DATA FOR PROCESSING ::
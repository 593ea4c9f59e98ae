//! The nets of a flat circuit that are held: those with a device terminal or a held pin of a kept
//! circuit's call.
ghost use Rattle.std.specs.Prelude.{◌≡◌, ◌++◌, ℕ, IfOk, OnOk, length, map, filter, flat_map};
ghost use Rattle.std.specs.Prelude.{slice_index_or};
ghost use Rattle.call_order.specs.Order.{lists};
ghost use Rattle.net_align.specs.Laid.{AreBelow, AreCircuitsBelow};
ghost use Rattle.net_align.specs.Sights.{has_number, net_of, call_nets, inner_sights};
ghost use Rattle.net_align.specs.Marks.{marked};
ghost use Rattle.net_model.specs.Rows.{plain_device, plain_call, plain_circuit};
ghost use Rattle.plain_netlist.specs.Devices.{terminal_nets};

use crate::numbers::entry;
use crate::walk::is_marked;
use net_model::{CallRow, Circuit, DeviceRow};
use std::alloc::{AllocError, Global};

/// The nets that a device terminal or a held pin of a kept circuit's call is on, in order.
/// `numbers` has the number of each kept circuit, `held` its held pins. Linear.
pub fn inner_sights(
    alloc: Global,
    flat: &Circuit,
    numbers: &[Option<u32>],
    held: &[Vec<u32>],
) -> Result<Vec<u32>, AllocError>
    requires { AreCircuitsBelow flat.now.calls.items (length held.now) }
    ensures { IfOk result (λ nets. nets.items
        ≡ inner_sights numbers.now (lists held.now) (plain_circuit flat.now)) }
{
    let mut nets = Vec::new(alloc);
    add_terminals(&flat.devices, &mut nets)?;
    add_call_nets(&flat.calls, numbers, held, &mut nets)?;
    Ok(nets)
}

fn add_terminals(devices: &[DeviceRow], nets: &mut Vec<u32>) -> Result<(), AllocError>
    ensures { OnOk result (nets.new.items
        ≡ nets.old.items ++ flat_map terminal_nets (map plain_device devices.now)) }
{
    for row in devices {
        nets.extend_from_slice(row.terminal_nets())?;
    }
    Ok(())
}

fn add_call_nets(
    calls: &[CallRow],
    numbers: &[Option<u32>],
    held: &[Vec<u32>],
    nets: &mut Vec<u32>,
) -> Result<(), AllocError>
    requires { AreCircuitsBelow calls.now (length held.now) }
    ensures { OnOk result (nets.new.items ≡ nets.old.items
        ++ flat_map (call_nets numbers.now (lists held.now)) (map plain_call calls.now)) }
{
    for call in calls {
        if entry(numbers, call.circuit).is_some() {
            add_pins(&call.nets, &held[call.circuit as usize], nets)?;
        }
    }
    Ok(())
}

// The nets of a call at these pins.
fn add_pins(at: &[u32], pins: &[u32], nets: &mut Vec<u32>) -> Result<(), AllocError>
    ensures { OnOk result (nets.new.items ≡ nets.old.items ++ map (net_of at.now) pins.now) }
{
    for pin in pins {
        nets.push(net_at(at, *pin))?;
    }
    Ok(())
}

/// The net of a call at a pin.
pub fn net_at(nets: &[u32], pin: u32) -> u32
    ensures { result ≡ net_of nets.now pin }
{
    match nets.get(pin as usize) {
        Some(net) => *net,
        None => 0,
    }
}

/// Those of the pins that are among the nets, each of which is below `count`. Linear.
pub fn pins_among(
    alloc: Global,
    pins: &[u32],
    nets: &[u32],
    count: usize,
) -> Result<Vec<u32>, AllocError>
    requires { AreBelow nets.now count }
    ensures { IfOk result (λ own. own.items ≡ filter (has_number nets.now) pins.now) }
{
    let mut marks = vec![in alloc; false; count]?;
    mark_nets(nets, &mut marks);
    let mut own = Vec::new(alloc);
    for pin in pins {
        if is_marked(&marks, *pin) {
            own.push(*pin)?;
        }
    }
    Ok(own)
}

fn mark_nets(nets: &[u32], marks: &mut Vec<bool>)
    requires { AreBelow nets.now (length marks.old.items) }
    ensures { marks.new.items ≡ marked nets.now marks.old.items }
{
    for net in nets {
        marks[*net as usize] = true;
    }
}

DESCRIPTION OF THE TASK :: Reproduce the material above in full, word for word.

OUTPUT ::
repository 593ea4c9f59e98ae
//! The nets of a flat circuit that are held: those with a device terminal or a held pin of a kept
//! circuit's call.
ghost use Rattle.std.specs.Prelude.{◌≡◌, ◌++◌, ℕ, IfOk, OnOk, length, map, filter, flat_map};
ghost use Rattle.std.specs.Prelude.{slice_index_or};
ghost use Rattle.call_order.specs.Order.{lists};
ghost use Rattle.net_align.specs.Laid.{AreBelow, AreCircuitsBelow};
ghost use Rattle.net_align.specs.Sights.{has_number, net_of, call_nets, inner_sights};
ghost use Rattle.net_align.specs.Marks.{marked};
ghost use Rattle.net_model.specs.Rows.{plain_device, plain_call, plain_circuit};
ghost use Rattle.plain_netlist.specs.Devices.{terminal_nets};

use crate::numbers::entry;
use crate::walk::is_marked;
use net_model::{CallRow, Circuit, DeviceRow};
use std::alloc::{AllocError, Global};

/// The nets that a device terminal or a held pin of a kept circuit's call is on, in order.
/// `numbers` has the number of each kept circuit, `held` its held pins. Linear.
pub fn inner_sights(
    alloc: Global,
    flat: &Circuit,
    numbers: &[Option<u32>],
    held: &[Vec<u32>],
) -> Result<Vec<u32>, AllocError>
    requires { AreCircuitsBelow flat.now.calls.items (length held.now) }
    ensures { IfOk result (λ nets. nets.items
        ≡ inner_sights numbers.now (lists held.now) (plain_circuit flat.now)) }
{
    let mut nets = Vec::new(alloc);
    add_terminals(&flat.devices, &mut nets)?;
    add_call_nets(&flat.calls, numbers, held, &mut nets)?;
    Ok(nets)
}

fn add_terminals(devices: &[DeviceRow], nets: &mut Vec<u32>) -> Result<(), AllocError>
    ensures { OnOk result (nets.new.items
        ≡ nets.old.items ++ flat_map terminal_nets (map plain_device devices.now)) }
{
    for row in devices {
        nets.extend_from_slice(row.terminal_nets())?;
    }
    Ok(())
}

fn add_call_nets(
    calls: &[CallRow],
    numbers: &[Option<u32>],
    held: &[Vec<u32>],
    nets: &mut Vec<u32>,
) -> Result<(), AllocError>
    requires { AreCircuitsBelow calls.now (length held.now) }
    ensures { OnOk result (nets.new.items ≡ nets.old.items
        ++ flat_map (call_nets numbers.now (lists held.now)) (map plain_call calls.now)) }
{
    for call in calls {
        if entry(numbers, call.circuit).is_some() {
            add_pins(&call.nets, &held[call.circuit as usize], nets)?;
        }
    }
    Ok(())
}

// The nets of a call at these pins.
fn add_pins(at: &[u32], pins: &[u32], nets: &mut Vec<u32>) -> Result<(), AllocError>
    ensures { OnOk result (nets.new.items ≡ nets.old.items ++ map (net_of at.now) pins.now) }
{
    for pin in pins {
        nets.push(net_at(at, *pin))?;
    }
    Ok(())
}

/// The net of a call at a pin.
pub fn net_at(nets: &[u32], pin: u32) -> u32
    ensures { result ≡ net_of nets.now pin }
{
    match nets.get(pin as usize) {
        Some(net) => *net,
        None => 0,
    }
}

/// Those of the pins that are among the nets, each of which is below `count`. Linear.
pub fn pins_among(
    alloc: Global,
    pins: &[u32],
    nets: &[u32],
    count: usize,
) -> Result<Vec<u32>, AllocError>
    requires { AreBelow nets.now count }
    ensures { IfOk result (λ own. own.items ≡ filter (has_number nets.now) pins.now) }
{
    let mut marks = vec![in alloc; false; count]?;
    mark_nets(nets, &mut marks);
    let mut own = Vec::new(alloc);
    for pin in pins {
        if is_marked(&marks, *pin) {
            own.push(*pin)?;
        }
    }
    Ok(own)
}

fn mark_nets(nets: &[u32], marks: &mut Vec<bool>)
    requires { AreBelow nets.now (length marks.old.items) }
    ensures { marks.new.items ≡ marked nets.now marks.old.items }
{
    for net in nets {
        marks[*net as usize] = true;
    }
}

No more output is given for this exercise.